Suppose we try the same rotation we did for the "under 50" case.
The resulting tree would be:
40
/ \
/ \
20 50
/ \
/ \
10 30
....
Obviously that didn't help - the tree shown has the same out-of-
balance problem as the original, except on the left instead of on
the right. We need to do something different, but what?
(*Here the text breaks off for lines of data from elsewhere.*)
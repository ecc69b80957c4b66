// The records of the package, and the rows of an unpack.
ghost use Rattle.std.specs.Prelude.{◌≡◌, ◌++◌, IfOk};
ghost use Rattle.std.specs.Option.{option_copied};
ghost use Rattle.unpack_commit.specs.Takeover.{yields_of};
ghost use Rattle.unpack_plan.specs.Members.{scripts_in};
ghost use Rattle.unpack_plan.specs.Records.{IsFresh, IsIncoming};
ghost use Rattle.unpack_plan.specs.Yielded.{yielding};
ghost use Rattle.unpack_rows.specs.ForwardRows.{others_rows, records_of, rows_of};
ghost use Rattle.unpack_rows.specs.Kinds.{kinds_of};

use crate::others::{Others, all_yields};
use crate::records::{OwnRecords, own_records};
use crate::rows::{OwnRows, own_rows};
use crate::yielded::Yielding;
use diversions::Diversions;
use package_tree::Package;
use status_db::NotedDatabase;
use status_records::Record;
use std::alloc::{AllocError, Global};
use texts::Texts;
use unpack_rows::Present;

/// Both, and the packages with which no path clashes.
#[derive(Drop)]
pub(crate) struct OwnCalls {
    pub(crate) records: OwnRecords,
    pub(crate) rows: OwnRows,
    pub(crate) yields: Texts,
}

/// Those of an unpack of this tree, beside which these other packages stand.
pub(crate) fn own_calls(
    alloc: Global,
    tree: &Package,
    database: &NotedDatabase,
    diversions: &Diversions,
    found: Option<&Record>,
    stored: Present,
    others: Others,
) -> Result<OwnCalls, AllocError>
    ensures found { IfOk result (λ c. c.records.found ≡ option_copied found.entry) }
    ensures incoming { IfOk result (λ c. IsIncoming tree.now c.records.incoming) }
    ensures fresh { IfOk result (λ c.
        IsFresh
        (yielding diversions.now.ways tree.now.name others.yields database.now.records)
        tree.now (option_copied found.entry) c.records.fresh) }
    ensures rows { IfOk result (λ c. c.rows.rows.items
        ≡ rows_of (option_copied found.entry) c.records.incoming stored
        (scripts_in tree.now.scripts) (others_rows others.packages.items)) }
    ensures kinds { IfOk result (λ c. c.rows.kinds.items
        ≡ kinds_of (option_copied found.entry) (records_of others.packages.items)) }
    ensures others { IfOk result (λ c. c.rows.others.items ≡ records_of others.packages.items) }
    ensures yields { IfOk result (λ c. c.yields
        ≡ yields_of database.now.records ++ others.yields) }
{
    let Others { packages, yields } = others;
    let beside = yields.as_slice();
    let all = all_yields(alloc, database, beside)?;
    let giving = Yielding {
        diversions,
        incoming: &tree.name,
        names: beside,
        records: database.records(),
    };
    let records = own_records(alloc, tree, found, &giving)?;
    let incoming = &records.incoming;
    let rows = own_rows(alloc, found, incoming, stored, &tree.scripts, packages)?;
    Ok(OwnCalls {
        records,
        rows,
        yields: all,
    })
}
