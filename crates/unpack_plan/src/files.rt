// The lists and the contents of an unpack.
ghost use Rattle.std.specs.Prelude.{◌≡◌, IfOk};
ghost use Rattle.std.specs.Option.{option_copied};
ghost use Rattle.file_check.specs.Ready.{IsFitting};
ghost use Rattle.file_check.specs.Ships.{shipped_works};
ghost use Rattle.file_lists.specs.Owners.{AreListPaths, paths_of as listed_paths};
ghost use Rattle.listed_files.specs.Closing.{SparesAdministration};
ghost use Rattle.listed_files.specs.Concluding.{AreElsewhere};
ghost use Rattle.package_files.specs.Files.{Each};
ghost use Rattle.package_files.specs.Names.{IsNamed};
ghost use Rattle.package_tree.specs.ShipMap.{paths_of};
ghost use Rattle.unpack_plan.specs.Lists.{IsAfter, IsUnion, old_leaving};
ghost use Rattle.unpack_plan.specs.Members.{AreMembersOf};
ghost use Rattle.unpack_plan.specs.Names.{cleared_names};
ghost use Rattle.unpack_plan.specs.Planned.{pairs_of};

use crate::contents::{Contents, contents_of};
use crate::lists::{ListChanges, own_changes};
use diversions::Diversions;
use file_lists::FileLists;
use package_tree::Package;
use status_records::Record;
use std::alloc::{AllocError, Global};

/// Both, of one tree.
#[derive(Drop)]
pub(crate) struct OwnFiles {
    pub(crate) changes: ListChanges,
    pub(crate) contents: Contents,
}

/// Those of a tree, which is used up, with the record found and the one that the unpack ends with.
pub(crate) fn own_files(
    alloc: Global,
    lists: &FileLists,
    diversions: &Diversions,
    tree: Package,
    found: Option<&Record>,
    fresh: &Record,
) -> Result<OwnFiles, AllocError>
    ensures listed { IfOk result (λ f. f.changes.listed
        ≡ listed_paths lists.now.lists tree.name) }
    ensures listed_paths { IfOk result (λ f. AreListPaths f.changes.listed) }
    ensures union { IfOk result (λ f. IsUnion f.changes.listed (paths_of tree.files)
        f.changes.union) }
    ensures new_list { IfOk result (λ f. IsAfter tree.files fresh.now f.changes.new_list) }
    ensures leaving { IfOk result (λ f. f.changes.leaving.items
        ≡ old_leaving diversions.now.ways lists.now.lists tree.name (option_copied found.entry)
        f.changes.new_list f.changes.listed) }
    ensures spares { IfOk result (λ f. SparesAdministration f.changes.leaving.items) }
    ensures works { IfOk result (λ f. f.contents.works.items
        ≡ shipped_works diversions.now.ways tree.name tree.conffiles (pairs_of tree.files)) }
    ensures named { IfOk result (λ f. Each IsNamed f.contents.works.items) }
    ensures fitting { IfOk result (λ f. Each IsFitting f.contents.works.items) }
    ensures names { IfOk result (λ f. f.contents.names.items
        ≡ cleared_names diversions.now.ways tree.name (option_copied found.entry)
        tree.conffiles f.contents.works.items f.changes.leaving.items) }
    ensures elsewhere { IfOk result (λ f. AreElsewhere f.contents.names.items) }
    ensures members { IfOk result (λ f. AreMembersOf tree.scripts tree.others
        f.contents.members) }
{
    let changes = own_changes(alloc, lists, diversions, &tree, found, fresh)?;
    let leaving = changes.leaving.as_slice();
    let contents = contents_of(alloc, diversions, tree, found, leaving)?;
    Ok(OwnFiles { changes, contents })
}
It's common to see the transformation needed here described as a
"double rotation", but I think it might be easier to understand if
described like this:
one: reach down, grab the 30 node, pull it up to the top;
two: set 30's left link to point to the 20 node, 30's right
link to point to the 40 node;
three: set 20's right link to point to the original value of
30's left link, and 40's left link to point to the
original value of 30's right link
Here is the resulting picture:
30
/ \
/ \
20 40
/ .? ?. \
/ \
10 50
Note the .... that was under the 30 got split, with half of it put
under the 20, and half of it put under the 40. If the 30 node was
previously a leaf, only one of those two pointers will be
non-null.
For balance factors: the 30 node should be set level; the 20
node should be set level if the insertion happened down 30's left
side, and "leftish" otherwise; the 40 node should be set level if
the insertion happened down 30's right side, and "rightish"
otherwise.
And of course whatever parent node was previously pointing to 20
needs to be set to point to the 30 node.
NOTE: The discussion above assumes all nodes along the insertion
path and downstream of the 20 node have had their balance factors
adjusted already. Nodes upstream of the 20 node all keep the same
balance factors they had before the insertion.